Although large numbers of the PACs were identified using RNA-Seq data, however limited poly(A) reads (0.29%) were detected in whole dataset, which is typical of standard RNA-Seq reads (Wang ). Different number of poly(A) reads were identified in each SRA dataset. However, for the present study only few SRA datasets provided majority of the poly(A) reads. Highest numbers of reads were observed in samples associated with early development followed by the germinating seedlings. This could be due to the fast growing nature of these tissues leading to tissue-specific APA regulation. Significantly higher rate of distinct APA events were also observed previously in the seedlings of Arabidopsis (Shen ). Considering the over representation of certain libraries in our data, it is likely that the difference in the abundance of different PACs (based on RE values) for the same gene might simply reflect the difference in the proportion of polyadenylated reads from different tissue/cell types. However, even with low coverage in other tissues, highly expressed poly(A) events have more chances of being observed relative to ones with low expression.

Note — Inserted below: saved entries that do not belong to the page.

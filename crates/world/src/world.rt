//! The world: all nodes, and the bag of all messages that were ever posted.
ghost use Rattle.std.specs.Prelude.{◌≡◌, All, map, slice_get, option_map, option_and_then, option_copied, IfOk, OnErr};
ghost use Rattle.scheme.specs.declared.registries.Scheme.{Scheme};
ghost use Rattle.protocol.specs.Registries.{nodes};
ghost use Rattle.protocol.specs.World.{at_node, is_order, is_registry, journal, opening, sent, station, step, take_input, was_posted};
ghost use Rattle.protocol.specs.declared.event.WorldEvent.{WorldEvent};
ghost use Rattle.world.specs.Cores.{journal_of, node_of, scheme_of};
ghost use Rattle.world.specs.Stations.{uncommitted};

use crate::any_core::Core;
use crate::station::Station;
use crate::stations::{cores_of, opening_stations, uncommitted_stations};
use protocol::{Outcome, Posted, WorldEvent, index_of};
use scheme::Scheme;
use status::Moment;
use std::alloc::Global;
use std::marker::Model;
use units::{NoMemory, Node};
use wire::{Input, Message};

/// All nodes of a scheme, the log first and then the registries in byte order, and the bag of all messages that were
/// ever posted. In contracts it is the protocol's world.
#[derive(Debug)]
pub struct World {
    alloc: Global,
    pub(crate) scheme: Scheme,
    pub(crate) stations: Vec<Station>,
    pub(crate) bag: Vec<Posted>,
}

// Written out, since a derived destructor is proved anew in each crate that lets a value go.
impl Drop for World {
    fn drop(self) {
        let World {
            alloc: _,
            scheme,
            stations,
            bag,
        } = self;
        drop(scheme);
        drop(stations);
        drop(bag);
    }
}

impl Model for World {
    ghost use Rattle.std.specs.Coded.{codes};
    ghost use Rattle.scheme.specs.contracts.registries.Scheme as kept_scheme;
    ghost use Rattle.protocol.specs.World as protocol;
    ghost use Rattle.world.specs.Kept.{AreKept, world_of};

    ghost Value = { protocol.World };

    ghost coded = { Prim.hlevel (codes, kept_scheme.the_row.coded) };

    ghost view = { λ w. world_of w.scheme w.stations.items w.bag.items };

    ghost invariant = { λ w. AreKept w.scheme w.stations.items w.bag.items };
}

fn copied(message: Option<&Message>) -> Result<Option<Message>, NoMemory>
    ensures { IfOk result (λ m. m ≡ option_copied message.entry) }
{
    match message {
        Some(message) => Ok(Some(message.copy()?)),
        None => Ok(None),
    }
}

fn message_at(bag: &[Posted], index: u64) -> Option<&Message>
    ensures { option_copied result ≡ option_map (λ p. p.message) (slice_get bag.now index) }
{
    let posted = bag.get(index as usize)?;
    Some(&posted.message)
}

fn is_registry(node: Node) -> bool
    ensures { result ≡ is_registry node }
{
    match node {
        Node::Registry(_) => true,
        Node::Itl => false,
    }
}

impl World {
    /// The opening world of a scheme: empty journals, an empty bag, all nodes running. Fails with `NoMemory` where
    /// memory runs out.
    pub(crate) fn new(alloc: Global, scheme: &Scheme) -> Result<World, NoMemory>
        ensures { IfOk result (λ w. w ≡ opening scheme.now) }
    {
        let stations = opening_stations(alloc, scheme)?;
        Ok(World {
            alloc,
            scheme: scheme.copy(alloc)?,
            stations,
            bag: Vec::new(alloc),
        })
    }

    /// The world of these cores, one for each node of the scheme: the log's, then those of the registries in the
    /// scheme's order. Each node runs, its core's journal is its tail, nothing is committed, and no message is posted.
    /// Fails with `NoMemory` where memory runs out.
    ///
    /// No list of events need lead to this world: the guarantees of a `ReachedWorld` need not hold for it.
    pub fn uncommitted(alloc: Global, scheme: &Scheme, cores: Vec<Core>) -> Result<World, NoMemory>
        requires nodes { map node_of cores.items ≡ nodes scheme.now }
        requires schemes { All (λ core. scheme_of core ≡ scheme.now) cores.items }
        ensures { IfOk result (λ w. w ≡ uncommitted scheme.now cores.items) }
    {
        let stations = uncommitted_stations(alloc, cores)?;
        Ok(World {
            alloc,
            scheme: scheme.copy(alloc)?,
            stations,
            bag: Vec::new(alloc),
        })
    }

    /// The cores of all nodes, each with its journal and the tail: the log's, then those of the registries in the
    /// scheme's order. Each core has the world's scheme. Fails with `NoMemory` where memory runs out; the world is lost
    /// then too.
    pub fn into_cores(self) -> Result<Vec<Core>, NoMemory>
        ensures stations { map (λ s. s.node) self.stations ≡ nodes self.scheme }
        ensures nodes { IfOk result (λ v. map node_of v.items ≡ nodes self.scheme) }
        ensures schemes { IfOk result (λ v. All (λ core. scheme_of core ≡ self.scheme) v.items) }
        ensures journals { IfOk result (λ v. map journal_of v.items ≡ map journal self.stations) }
    {
        let World {
            alloc,
            scheme,
            stations,
            bag,
        } = self;
        drop(scheme);
        drop(bag);
        cores_of(alloc, stations)
    }

    /// Whether the node posted the message with that key.
    fn was_posted(&self, node: Node, key: u64) -> bool
        ensures { result ≡ was_posted self.now node key }
    {
        match index_of(&self.scheme, node) {
            Some(at) => self.stations[at].posted.contains(&key),
            None => false,
        }
    }

    /// Whether the node takes such inputs as orders, or the input acknowledges a message that it posted. A message that
    /// was received is no order.
    pub fn is_order(&self, node: Node, input: &Input) -> bool
        ensures { result ≡ is_order self.now node input.now }
    {
        match input {
            Input::Propose(_)
            | Input::Request(_)
            | Input::OpenAccount(_)
            | Input::CloseAccount(_) => is_registry(node),
            Input::CleanUp(_) | Input::Eligible { .. } => !is_registry(node),
            Input::Ack(key) => self.was_posted(node, key.value),
            Input::Received { .. } => false,
        }
    }

    /// The node takes an input.
    fn take(&mut self, node: Node, input: &Input) -> Result<Outcome, NoMemory>
        ensures ok { IfOk result
            (λ o. record { world = self.new; outcome = o }
            ≡ at_node self.old (station self.old node) (take_input self.old.scheme input.now)) }
        ensures err { OnErr result (self.new ≡ self.old) }
    {
        match index_of(&self.scheme, node) {
            Some(at) => self.stations[at].take(input),
            None => Ok(Outcome::NotPossible),
        }
    }

    /// The node takes an order.
    fn order(&mut self, node: Node, input: &Input) -> Result<Outcome, NoMemory>
        ensures ok { IfOk result
            (λ o. record { world = self.new; outcome = o } ≡ step self.old (WorldEvent.Take node input.now)) }
        ensures err { OnErr result (self.new ≡ self.old) }
    {
        if self.is_order(node, input) {
            self.take(node, input)
        } else {
            Ok(Outcome::NotPossible)
        }
    }

    fn commit(&mut self, node: Node, count: u64) -> Outcome
        ensures { record { world = self.new; outcome = result } ≡ step self.old (WorldEvent.Commit node count) }
    {
        match index_of(&self.scheme, node) {
            Some(at) => self.stations[at].commit(count),
            None => Outcome::NotPossible,
        }
    }

    fn crash(&mut self, node: Node, kept: u64) -> Result<Outcome, NoMemory>
        ensures ok { IfOk result
            (λ o. record { world = self.new; outcome = o } ≡ step self.old (WorldEvent.Crash node kept)) }
        ensures err { OnErr result (self.new ≡ self.old) }
    {
        match index_of(&self.scheme, node) {
            Some(at) => self.stations[at].crash(kept),
            None => Ok(Outcome::NotPossible),
        }
    }

    fn restart(&mut self, node: Node) -> Outcome
        ensures { record { world = self.new; outcome = result } ≡ step self.old (WorldEvent.Restart node) }
    {
        match index_of(&self.scheme, node) {
            Some(at) => self.stations[at].restart(),
            None => Outcome::NotPossible,
        }
    }

    fn post(&mut self, node: Node, key: u64) -> Result<Outcome, NoMemory>
        ensures ok { IfOk result
            (λ o. record { world = self.new; outcome = o } ≡ step self.old (WorldEvent.Post node key)) }
        ensures err { OnErr result (self.new ≡ self.old) }
    {
        let Some(at) = index_of(&self.scheme, node) else {
            return Ok(Outcome::NotPossible);
        };
        let Some(message) = copied(self.stations[at].sent(key))? else {
            return Ok(Outcome::NotPossible);
        };
        if self.bag.reserve(1).is_err() {
            drop(message);
            return Err(NoMemory);
        }
        if let Err(NoMemory) = self.stations[at].mark_posted(key) {
            drop(message);
            return Err(NoMemory);
        }
        self.bag.push_reserved(Posted { node, key, message });
        Ok(Outcome::Done)
    }

    fn deliver(&mut self, index: u64, moment: Moment) -> Result<Outcome, NoMemory>
        ensures ok { IfOk result
            (λ o. record { world = self.new; outcome = o } ≡ step self.old (WorldEvent.Deliver index moment)) }
        ensures err { OnErr result (self.new ≡ self.old) }
    {
        match copied(message_at(self.bag.as_slice(), index))? {
            Some(message) => {
                let node = message.to;
                let input = Input::Received { message, moment };
                let taken = self.take(node, &input);
                drop(input);
                taken
            }
            None => Ok(Outcome::NotPossible),
        }
    }

    /// Moves the world by an event, and returns the outcome. After `NoMemory` the world is as it was.
    ///
    /// Nothing is said of tonnes here, since events need not have led to this world: `ReachedWorld::apply` does.
    pub fn step(&mut self, event: &WorldEvent) -> Result<Outcome, NoMemory>
        ensures ok { IfOk result (λ o. record { world = self.new; outcome = o } ≡ step self.old event.now) }
        ensures err { OnErr result (self.new ≡ self.old) }
    {
        match event {
            WorldEvent::Take { node, input } => self.order(*node, input),
            WorldEvent::Commit { node, count } => Ok(self.commit(*node, *count)),
            WorldEvent::Post { node, key } => self.post(*node, *key),
            WorldEvent::Deliver { message, moment } => self.deliver(*message, *moment),
            WorldEvent::Crash { node, kept } => self.crash(*node, *kept),
            WorldEvent::Restart { node } => Ok(self.restart(*node)),
        }
    }
}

The polyadenylation events reported here are still underrepresented and cover only 51% of the maize genes due to low coverage of poly(A) tails in the RNA-Seq data. Its challenging to comprehensively identify all polyadenylation events in each tissues using RNA-Seq. Alternatively, to increase coverage MPSS (Meyers ) high throughput technology can be employed to profile poly(A) sites in maize. Moreover, PAT-seq had been used extensively to profile poly(A) sites in model plant species (Wu , 2014; Harrison ;). Many other poly(A) specific protocols including PolyA_seq (Derti ), and 3′ READS+ (Zheng ) could also be considered in order to overcome the limited number of poly(A) reads observed in this study. Furthermore, there is an immense need of studying correlation of maize poly(A) data with additional data types such as transposable elements (Lee ) and single nucleotide polymorphism (Xu and Zhang 2018). The study, without a doubt, will help further research on the APA patterns in maize. The findings of this study will improve our understanding about the gene expression regulation in maize.